Sontak gadis itu terkejut. Baru kali ini ia bisa melihat sosok Jeffrey yang ketakutan seperti itu. Buru-buru ia menghampiri pria itu lalu memeluk tubuh besar yang bergetar milik Jeffrey.
"J-Jeffrey? A-ada apa?"
Jelas-jelas bisa Jea rasakan bahwa tubuh itu benar-benar tidak karuan. Entah karena apa. Jeffrey tidak kunjung menjawab. Pria itu hanya bergumam tidak jelas sambil sesekali menyebutkan kata 'ibu' dari mulutnya.
"I-Ibu."
"I-Ibu? Apa maksudnya Jeffrey?"
Akhirnya, perlahan Jeffrey mengangkat kepalanya, mencuatkan matanya yang merah dan raut wajahnya yang begitu kacau. Demi apapun, Jea begitu terkejut sekarang. Dan entah bagaimana menjelaskannya, Jea seperti ikut merasa sakit melihat kondisi Jeffrey yang seperti ini.
"Ada apa Jeffrey??"
"Ibu— disana."
Lantas gadis itu melirik pada jari telunjuk Jeffrey yang mengarah pada suatu tempat. Tapi— tidak ada. Jea sama sekali tidak bisa melihat apapun disana. Tentu saja langsung membuat gadis itu semakin kebingungan.

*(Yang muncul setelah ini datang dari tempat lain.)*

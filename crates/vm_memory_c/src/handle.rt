//! The handle of a session: a pointer to it.
ghost use Rattle.std.specs.Prelude.{◌≡◌, Option, Some, None, IsSome};
ghost use Rattle.vm_session.specs.Retries.{WholeSession};
ghost use Rattle.vm_memory_c.specs.Handle.{handle_owns};

use crate::raw_box::RawBox;
use std::alloc::Global;
use std::marker::Model;
use std::ptr::null_mut;
use vm_session::Session;

/// A pointer to a session, if it is open.
#[repr(C)]
#[derive(Drop)]
pub struct Handle {
    at: *mut u8,
    alloc: Global,
    pub ghost state: { Option WholeSession },
}

impl Model for Handle {
    ghost also_owns = { λ h. handle_owns h.at h.state };
}

impl Handle {
    // A handle of no session.
    #[inline(always)]
    pub(crate) fn closed(alloc: Global) -> Handle
        ensures { result.state ≡ None }
    {
        Handle {
            at: null_mut(),
            alloc,
        }
    }

    // The handle of a session.
    #[inline(always)]
    pub(crate) fn of(session: RawBox<Session, Global>) -> Handle
        ensures { result.state ≡ Some session.value }
    {
        let RawBox { at, alloc } = session;
        Handle {
            at: at as *mut u8,
            alloc,
        }
    }

    // The session of a handle.
    #[inline(always)]
    pub(crate) fn into_raw_box(self) -> RawBox<Session, Global>
        requires { IsSome self.state }
        ensures { Some result.value ≡ self.state }
    {
        let Handle { at, alloc } = self;
        RawBox {
            at: at as *mut Session,
            alloc,
        }
    }
}
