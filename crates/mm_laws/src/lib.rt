//! Laws of the definitions of texts: what holds of every text, whatever reads or writes it.
//!
//! `mm_text` says by `specs/` what a text spells and which of its faults is the first. Here stand the laws that a
//! reader of those definitions would want to see: that every text spells exactly one file or has exactly one first
//! fault, that lines, words and numbers have the form that the format gives them, and that a canonical text spells its
//! list. For each row of the table of faults a law says which word is judged, and what is wrong with it. Each law is a
//! function without parameters and with an empty body, whose `ensures` is the statement.
#![tactic(auto)]

mod fault_laws;
mod grammar_laws;
mod text_laws;

pub use fault_laws::{
    banner_field_faults, banner_format_faults, banner_has_five_words, banner_mark_faults,
    banner_object_faults, banner_symmetry_faults, entry_column_faults, entry_count_faults,
    entry_row_faults, numbers_faults, size_columns_faults, size_entries_faults, size_rows_faults,
};
pub use grammar_laws::{
    line_ends_and_skipped_lines_say_nothing, lines_make_the_text,
    spelled_texts_are_coordinate_texts, taken_lines_have_their_form, words_stand_between_blanks,
    words_write_numbers,
};
pub use text_laws::{
    canonical_texts_spell_their_cells, every_text_spells_or_has_a_fault, faults_are_of_the_text,
    faults_stand_on_counted_lines, first_faults_stay, spelled_cells_are_within,
    wider_limits_spell_the_same,
};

"Tidak ada apa-apa disana, Jeffrey."
"Ibu. Disana ada Ibu."
Mata gadis itu menatap nanar. Tidak tau harus bagaimana. Dengan erat Jea mendekap tubuh Jeffrey ke dalam pelukannya, kemudian menangis.

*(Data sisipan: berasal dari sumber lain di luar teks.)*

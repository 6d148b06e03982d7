//! The faults of lines: a law for each row of the table of faults (`docs/FORMATS.md`), in its order. Each says what
//! stands before the word that is judged, and nothing of what stands behind it.
ghost use Rattle.std.specs.Prelude.{◌≡◌, ◌≢◌, ◌⊎◌, ℕ, ◌<◌, ◌≤◌, ◌^◌, Bool, true, List, [], ◌∷◌, Err, codes};
ghost use Rattle.cells.specs.Bounds.{IsDimension};
ghost use Rattle.mm_text.specs.Lines.{is_blank};
ghost use Rattle.mm_text.specs.Judging.{number, banner, size, entry};
ghost use Rattle.mm_laws.specs.Grammar.{HasWords, Writes, IsNumeral, IsMinus, IsKeyword, IsOneOf, IsMarked};
ghost use Rattle.mm_text.specs.declared.fault.MmKind.{MmKind};

/// A word that is no number is bad in the way of its line, and a number of 2^64 or more is too large.
pub fn numbers_faults()
    ensures none { (bad : MmKind) (word : List ℕ) → ((n : ℕ) → IsNumeral word n → ⊥) → number bad word ≡ Err bad }
    ensures too_large { (bad : MmKind) (word : List ℕ) (n : ℕ) → IsNumeral word n → 2 ^ 64 ≤ n →
        number bad word ≡ Err MmKind.NumberTooLarge }
{}

/// A banner that doesn't begin with its mark at its first byte is bad.
pub fn banner_mark_faults()
    ensures missing { banner [] ≡ Err MmKind.BadBanner }
    ensures behind_blank { (b : ℕ) (line : List ℕ) → is_blank b ≡ true → banner (b ∷ line) ≡ Err MmKind.BadBanner }
    ensures other { (line word : List ℕ) (ws : List (List ℕ)) → HasWords line (word ∷ ws) →
        (IsKeyword word (codes "%%MatrixMarket") → ⊥) → banner line ≡ Err MmKind.BadBanner }
{}

/// The second word of a banner is `matrix`.
pub fn banner_object_faults()
    ensures missing { (line : List ℕ) → IsMarked line [] → banner line ≡ Err MmKind.BadBanner }
    ensures other { (line word : List ℕ) (ws : List (List ℕ)) → IsMarked line (word ∷ ws) →
        (IsKeyword word (codes "matrix") → ⊥) → banner line ≡ Err MmKind.BadBanner }
{}

/// The third word of a banner is `coordinate`; `array` is another format, which isn't supported.
pub fn banner_format_faults()
    ensures missing { (line object : List ℕ) → IsMarked line (object ∷ []) → IsKeyword object (codes "matrix") →
        banner line ≡ Err MmKind.BadBanner }
    ensures unsupported { (line object word : List ℕ) (ws : List (List ℕ)) → IsMarked line (object ∷ word ∷ ws) →
        IsKeyword object (codes "matrix") → IsKeyword word (codes "array") → banner line ≡ Err MmKind.Unsupported }
    ensures other { (line object word : List ℕ) (ws : List (List ℕ)) → IsMarked line (object ∷ word ∷ ws) →
        IsKeyword object (codes "matrix") → (IsOneOf word (codes "array" ∷ codes "coordinate" ∷ []) → ⊥) →
        banner line ≡ Err MmKind.BadBanner }
{}

/// The fourth word of a banner is `integer` or `unsigned-integer`; three other fields aren't supported.
pub fn banner_field_faults()
    ensures missing { (line object format : List ℕ) → IsMarked line (object ∷ format ∷ []) →
        IsKeyword object (codes "matrix") → IsKeyword format (codes "coordinate") → banner line ≡ Err MmKind.BadBanner }
    ensures unsupported { (line object format word : List ℕ) (ws : List (List ℕ)) →
        IsMarked line (object ∷ format ∷ word ∷ ws) →
        IsKeyword object (codes "matrix") → IsKeyword format (codes "coordinate") →
        IsOneOf word (codes "real" ∷ codes "complex" ∷ codes "pattern" ∷ []) → banner line ≡ Err MmKind.Unsupported }
    ensures other { (line object format word : List ℕ) (ws : List (List ℕ)) →
        IsMarked line (object ∷ format ∷ word ∷ ws) →
        IsKeyword object (codes "matrix") → IsKeyword format (codes "coordinate") →
        (IsOneOf word (codes "real" ∷ codes "complex" ∷ codes "pattern" ∷ codes "integer" ∷ codes
        "unsigned-integer" ∷ []) → ⊥) →
        banner line ≡ Err MmKind.BadBanner }
{}

/// The fifth word of a banner is `general` or `symmetric`; two other symmetries aren't supported.
pub fn banner_symmetry_faults()
    ensures missing { (line object format field : List ℕ) → IsMarked line (object ∷ format ∷ field ∷ []) →
        IsKeyword object (codes "matrix") → IsKeyword format (codes "coordinate") →
        IsOneOf field (codes "integer" ∷ codes "unsigned-integer" ∷ []) → banner line ≡ Err MmKind.BadBanner }
    ensures unsupported { (line object format field word : List ℕ) (ws : List (List ℕ)) →
        IsMarked line (object ∷ format ∷ field ∷ word ∷ ws) →
        IsKeyword object (codes "matrix") → IsKeyword format (codes "coordinate") →
        IsOneOf field (codes "integer" ∷ codes "unsigned-integer" ∷ []) →
        IsOneOf word (codes "skew-symmetric" ∷ codes "hermitian" ∷ []) → banner line ≡ Err MmKind.Unsupported }
    ensures other { (line object format field word : List ℕ) (ws : List (List ℕ)) →
        IsMarked line (object ∷ format ∷ field ∷ word ∷ ws) →
        IsKeyword object (codes "matrix") → IsKeyword format (codes "coordinate") →
        IsOneOf field (codes "integer" ∷ codes "unsigned-integer" ∷ []) →
        (IsOneOf word (codes "skew-symmetric" ∷ codes "hermitian" ∷ codes "general" ∷ codes "symmetric" ∷ []) → ⊥) →
        banner line ≡ Err MmKind.BadBanner }
{}

/// A banner has no sixth word.
pub fn banner_has_five_words()
    ensures { (line object format field symmetry word : List ℕ) (ws : List (List ℕ)) →
        IsMarked line (object ∷ format ∷ field ∷ symmetry ∷ word ∷ ws) →
        IsKeyword object (codes "matrix") → IsKeyword format (codes "coordinate") →
        IsOneOf field (codes "integer" ∷ codes "unsigned-integer" ∷ []) →
        IsOneOf symmetry (codes "general" ∷ codes "symmetric" ∷ []) → banner line ≡ Err MmKind.BadBanner }
{}

/// The first word of a size line is the number of rows, from 1 to 2^60.
pub fn size_rows_faults()
    ensures missing { (symmetric : Bool) (most : ℕ) (line : List ℕ) → HasWords line [] →
        size symmetric most line ≡ Err MmKind.BadSize }
    ensures number { (symmetric : Bool) (most : ℕ) (line word : List ℕ) (ws : List (List ℕ)) (kind : MmKind) →
        HasWords line (word ∷ ws) → number MmKind.BadSize word ≡ Err kind → size symmetric most line ≡ Err kind }
    ensures range { (symmetric : Bool) (most : ℕ) (line word : List ℕ) (ws : List (List ℕ)) (n : ℕ) →
        HasWords line (word ∷ ws) → Writes word n → (IsDimension n → ⊥) →
        size symmetric most line ≡ Err MmKind.BadDimension }
{}

/// The second word of a size line is the number of columns, from 1 to 2^60, and the same as that of rows where the
/// banner says symmetric.
pub fn size_columns_faults()
    ensures missing { (symmetric : Bool) (most : ℕ) (line row : List ℕ) (rows : ℕ) → HasWords line (row ∷ []) →
        Writes row rows → IsDimension rows → size symmetric most line ≡ Err MmKind.BadSize }
    ensures number { (symmetric : Bool) (most : ℕ) (line row word : List ℕ) (ws : List (List ℕ)) (rows : ℕ)
        (kind : MmKind) →
        HasWords line (row ∷ word ∷ ws) → Writes row rows → IsDimension rows →
        number MmKind.BadSize word ≡ Err kind → size symmetric most line ≡ Err kind }
    ensures range { (symmetric : Bool) (most : ℕ) (line row word : List ℕ) (ws : List (List ℕ)) (rows n : ℕ) →
        HasWords line (row ∷ word ∷ ws) → Writes row rows → IsDimension rows →
        Writes word n → (IsDimension n → ⊥) → size symmetric most line ≡ Err MmKind.BadDimension }
    ensures square { (most : ℕ) (line row word : List ℕ) (ws : List (List ℕ)) (rows n : ℕ) →
        HasWords line (row ∷ word ∷ ws) → Writes row rows → IsDimension rows →
        Writes word n → IsDimension n → rows ≢ n → size true most line ≡ Err MmKind.NotSquare }
{}

/// The third word of a size line is the number of entries, at most the limit, and there is no fourth.
pub fn size_entries_faults()
    ensures missing { (symmetric : Bool) (most : ℕ) (line row col : List ℕ) (rows cols : ℕ) →
        HasWords line (row ∷ col ∷ []) →
        Writes row rows → IsDimension rows → Writes col cols → IsDimension cols → (symmetric ≡ true → rows ≡ cols) →
        size symmetric most line ≡ Err MmKind.BadSize }
    ensures number { (symmetric : Bool) (most : ℕ) (line row col word : List ℕ) (ws : List (List ℕ)) (rows cols : ℕ)
        (kind : MmKind) →
        HasWords line (row ∷ col ∷ word ∷ ws) → Writes row rows → IsDimension rows → Writes col cols →
        IsDimension cols →
        (symmetric ≡ true → rows ≡ cols) → number MmKind.BadSize word ≡ Err kind → size symmetric most line ≡ Err kind }
    ensures most { (symmetric : Bool) (most : ℕ) (line row col word : List ℕ) (ws : List (List ℕ)) (rows cols n : ℕ) →
        HasWords line (row ∷ col ∷ word ∷ ws) → Writes row rows → IsDimension rows → Writes col cols →
        IsDimension cols →
        (symmetric ≡ true → rows ≡ cols) → Writes word n → most < n →
        size symmetric most line ≡ Err MmKind.TooManyEntries }
    ensures fourth { (symmetric : Bool) (most : ℕ) (line row col third word : List ℕ) (ws : List (List ℕ))
        (rows cols n : ℕ) →
        HasWords line (row ∷ col ∷ third ∷ word ∷ ws) → Writes row rows → IsDimension rows → Writes col cols →
        IsDimension cols →
        (symmetric ≡ true → rows ≡ cols) → Writes third n → n ≤ most → size symmetric most line ≡ Err MmKind.BadSize }
{}

/// The first word of an entry's line is its row, from 1 to the number of rows.
pub fn entry_row_faults()
    ensures missing { (rows cols : ℕ) (line : List ℕ) → HasWords line [] → entry rows cols line ≡ Err MmKind.BadEntry }
    ensures number { (rows cols : ℕ) (line word : List ℕ) (ws : List (List ℕ)) (kind : MmKind) →
        HasWords line (word ∷ ws) → number MmKind.BadEntry word ≡ Err kind → entry rows cols line ≡ Err kind }
    ensures range { (rows cols : ℕ) (line word : List ℕ) (ws : List (List ℕ)) (n : ℕ) →
        HasWords line (word ∷ ws) → Writes word n → (n ≡ 0) ⊎ (rows < n) →
        entry rows cols line ≡ Err MmKind.IndexOutOfRange }
{}

/// The second word of an entry's line is its column, from 1 to the number of columns.
pub fn entry_column_faults()
    ensures missing { (rows cols : ℕ) (line row : List ℕ) (i : ℕ) → HasWords line (row ∷ []) →
        Writes row i → 1 ≤ i → i ≤ rows → entry rows cols line ≡ Err MmKind.BadEntry }
    ensures number { (rows cols : ℕ) (line row word : List ℕ) (ws : List (List ℕ)) (i : ℕ) (kind : MmKind) →
        HasWords line (row ∷ word ∷ ws) → Writes row i → 1 ≤ i → i ≤ rows →
        number MmKind.BadEntry word ≡ Err kind → entry rows cols line ≡ Err kind }
    ensures range { (rows cols : ℕ) (line row word : List ℕ) (ws : List (List ℕ)) (i n : ℕ) →
        HasWords line (row ∷ word ∷ ws) → Writes row i → 1 ≤ i → i ≤ rows →
        Writes word n → (n ≡ 0) ⊎ (cols < n) → entry rows cols line ≡ Err MmKind.IndexOutOfRange }
{}

/// The third word of an entry's line is its count. A minus and digits is negative whatever its value, and there is no
/// fourth word.
pub fn entry_count_faults()
    ensures missing { (rows cols : ℕ) (line row col : List ℕ) (i j : ℕ) → HasWords line (row ∷ col ∷ []) →
        Writes row i → 1 ≤ i → i ≤ rows → Writes col j → 1 ≤ j → j ≤ cols → entry rows cols line ≡ Err MmKind.BadEntry }
    ensures negative { (rows cols : ℕ) (line row col word : List ℕ) (ws : List (List ℕ)) (i j : ℕ) →
        HasWords line (row ∷ col ∷ word ∷ ws) → Writes row i → 1 ≤ i → i ≤ rows → Writes col j → 1 ≤ j → j ≤ cols →
        IsMinus word → entry rows cols line ≡ Err MmKind.Negative }
    ensures number { (rows cols : ℕ) (line row col word : List ℕ) (ws : List (List ℕ)) (i j : ℕ) (kind : MmKind) →
        HasWords line (row ∷ col ∷ word ∷ ws) → Writes row i → 1 ≤ i → i ≤ rows → Writes col j → 1 ≤ j → j ≤ cols →
        (IsMinus word → ⊥) → number MmKind.BadEntry word ≡ Err kind → entry rows cols line ≡ Err kind }
    ensures fourth { (rows cols : ℕ) (line row col count word : List ℕ) (ws : List (List ℕ)) (i j n : ℕ) →
        HasWords line (row ∷ col ∷ count ∷ word ∷ ws) → Writes row i → 1 ≤ i → i ≤ rows → Writes col j → 1 ≤ j →
        j ≤ cols →
        Writes count n → entry rows cols line ≡ Err MmKind.BadEntry }
{}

Apa yang salah dengan Jeffrey saat ini?
Sungguh, Jea membenci jika ada sesuatu yang bisa membuat Jeffrey kesakitan.
Jea membencinya.
"Jeffrey nggak pa-pa. Ada Jea disini. Ada Jea. It's gonna be okay," Ujar gadis itu seraya mengelus-elus rambut Jeffrey yang nyatanya begitu lembut.

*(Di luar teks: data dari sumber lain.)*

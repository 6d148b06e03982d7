//! What texts, lines and words mean, by what they look like: laws that tie the judgements to the form of the format.
ghost use Rattle.std.specs.Prelude.{◌≡◌, ◌⊎◌, ℕ, ◌<◌, ◌≤◌, Bool, List, [], ◌∷◌, ◌++◌, length, map, true, false, Ok};
ghost use Rattle.std.specs.Prelude.{All};
ghost use Rattle.mm_text.specs.Lines.{lines_of, joined, IsLine, content, is_comment, is_skipped};
ghost use Rattle.mm_text.specs.Words.{words};
ghost use Rattle.mm_text.specs.Judging.{number, banner, size, entry};
ghost use Rattle.mm_text.specs.Texts.{Spells};
ghost use Rattle.mm_laws.specs.Grammar.{HasWords, Writes, IsBannerLine, IsSizeLine, IsEntryLine, IsCoordinateText};
ghost use Rattle.mm_text.specs.declared.limits.TextLimits.{TextLimits};
ghost use Rattle.cells.specs.declared.cell.Cell.{Cell};
ghost use Rattle.mm_text.specs.declared.size.Size.{Size};
ghost use Rattle.mm_text.specs.declared.fault.MmKind.{MmKind};

/// The lines of a text have no line feed, and joined they are the text, or the text and one more line feed. Lines
/// that are joined so, the last with its line feed or without, are the lines of what they make.
pub fn lines_make_the_text()
    ensures joined { (text : List ℕ) → All IsLine (lines_of text)
        × ((joined (lines_of text) ≡ text) ⊎ (joined (lines_of text) ≡ text ++ 10 ∷ [])) }
    ensures whole { (lines : List (List ℕ)) → All IsLine lines → lines_of (joined lines) ≡ lines }
    ensures partial { (lines : List (List ℕ)) (last : List ℕ) → All IsLine lines → IsLine last → 0 < length last →
        lines_of (joined lines ++ last) ≡ lines ++ last ∷ [] }
{}

/// A line's words are what stands between blanks.
pub fn words_stand_between_blanks()
    ensures has { (line : List ℕ) (ws : List (List ℕ)) → words line ≡ ws → HasWords line ws }
    ensures are { (line : List ℕ) (ws : List (List ℕ)) → HasWords line ws → words line ≡ ws }
{}

/// A word is taken as the number below 2^64 that its digits write, and as no other; a word that writes none is no
/// number.
pub fn words_write_numbers()
    ensures writes { (bad : MmKind) (word : List ℕ) (n : ℕ) → number bad word ≡ Ok n → Writes word n }
    ensures taken { (bad : MmKind) (word : List ℕ) (n : ℕ) → Writes word n → number bad word ≡ Ok n }
{}

/// A line is taken as a banner, a size line or an entry exactly where it has that form; a size line also declares no
/// more entries than are allowed.
pub fn taken_lines_have_their_form()
    ensures banner { (line : List ℕ) (symmetric : Bool) → banner line ≡ Ok symmetric → IsBannerLine line symmetric }
    ensures banner_taken { (line : List ℕ) (symmetric : Bool) → IsBannerLine line symmetric →
        banner line ≡ Ok symmetric }
    ensures size { (symmetric : Bool) (most : ℕ) (line : List ℕ) (s : Size) →
        size symmetric most line ≡ Ok s → IsSizeLine symmetric line s × (s.entries ≤ most) }
    ensures size_taken { (symmetric : Bool) (most : ℕ) (line : List ℕ) (s : Size) →
        IsSizeLine symmetric line s → s.entries ≤ most → size symmetric most line ≡ Ok s }
    ensures entry { (rows cols : ℕ) (line : List ℕ) (cell : Cell) →
        entry rows cols line ≡ Ok cell → IsEntryLine rows cols line cell }
    ensures entry_taken { (rows cols : ℕ) (line : List ℕ) (cell : Cell) →
        IsEntryLine rows cols line cell → entry rows cols line ≡ Ok cell }
{}

/// A text spells a file exactly where it is a coordinate text of these cells, as "Matrix Market" (NIST) has the form.
pub fn spelled_texts_are_coordinate_texts()
    ensures is { (text : List ℕ) (limits : TextLimits) (rows cols : ℕ) (cells : List Cell) →
        Spells text limits rows cols cells → IsCoordinateText text limits rows cols cells }
    ensures spells { (text : List ℕ) (limits : TextLimits) (rows cols : ℕ) (cells : List Cell) →
        IsCoordinateText text limits rows cols cells → Spells text limits rows cols cells }
{}

/// What a text spells hangs neither on a line feed at its end, nor on whether its lines end with LF or CR LF, nor on
/// a comment or a blank line behind the first line, where the limits are kept.
pub fn line_ends_and_skipped_lines_say_nothing()
    ensures last { (text text' : List ℕ) (limits : TextLimits) (rows cols : ℕ) (cells : List Cell) →
        lines_of text ≡ lines_of text' → length text' ≤ limits.max_bytes →
        Spells text limits rows cols cells → Spells text' limits rows cols cells }
    ensures returns { (text text' : List ℕ) (limits : TextLimits) (rows cols : ℕ) (cells : List Cell) →
        All (λ line. content line ≡ line) (lines_of text) →
        lines_of text' ≡ map (λ line. line ++ 13 ∷ []) (lines_of text) →
        length text ≤ limits.max_bytes → length text' ≤ limits.max_bytes →
        (Spells text limits rows cols cells → Spells text' limits rows cols cells)
        × (Spells text' limits rows cols cells → Spells text limits rows cols cells) }
    ensures skipped { (text text' : List ℕ) (limits : TextLimits) (rows cols : ℕ) (cells : List Cell)
        (first : List ℕ) (before after : List (List ℕ)) (line : List ℕ) →
        lines_of text ≡ first ∷ before ++ after → lines_of text' ≡ first ∷ before ++ line ∷ after →
        is_skipped line ≡ true → (is_comment line ≡ false → length (content line) ≤ 1024) →
        length text ≤ limits.max_bytes → length text' ≤ limits.max_bytes →
        (Spells text limits rows cols cells → Spells text' limits rows cols cells)
        × (Spells text' limits rows cols cells → Spells text limits rows cols cells) }
{}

Berkali-kali, Jeffrey berusaha untuk menenangkan deruan nafasnya yang tidak menentu. Pikirannya mulai tidak sericuh sebelumnya saat elusan itu terasa begitu menenangkan.
Jeffrey memejamkan matanya erat-erat. Berusaha mengembalikan kesadarannya yang tadi sempat menghilang. Pelukan Jea terasa begitu hangat sampai-sampai Jeffrey merasa dunia tidak seburuk realita.
Benar. Saat ini ada Jea. Satu-satunya yang ia butuhkan adalah gadis itu, dan akan selalu begitu.
Kedua lengan besar itu membalas pelukan gadisnya. Dengan suaranya yang rendah, Jeffrey berbisik pelan, "Jangan tinggalkan aku."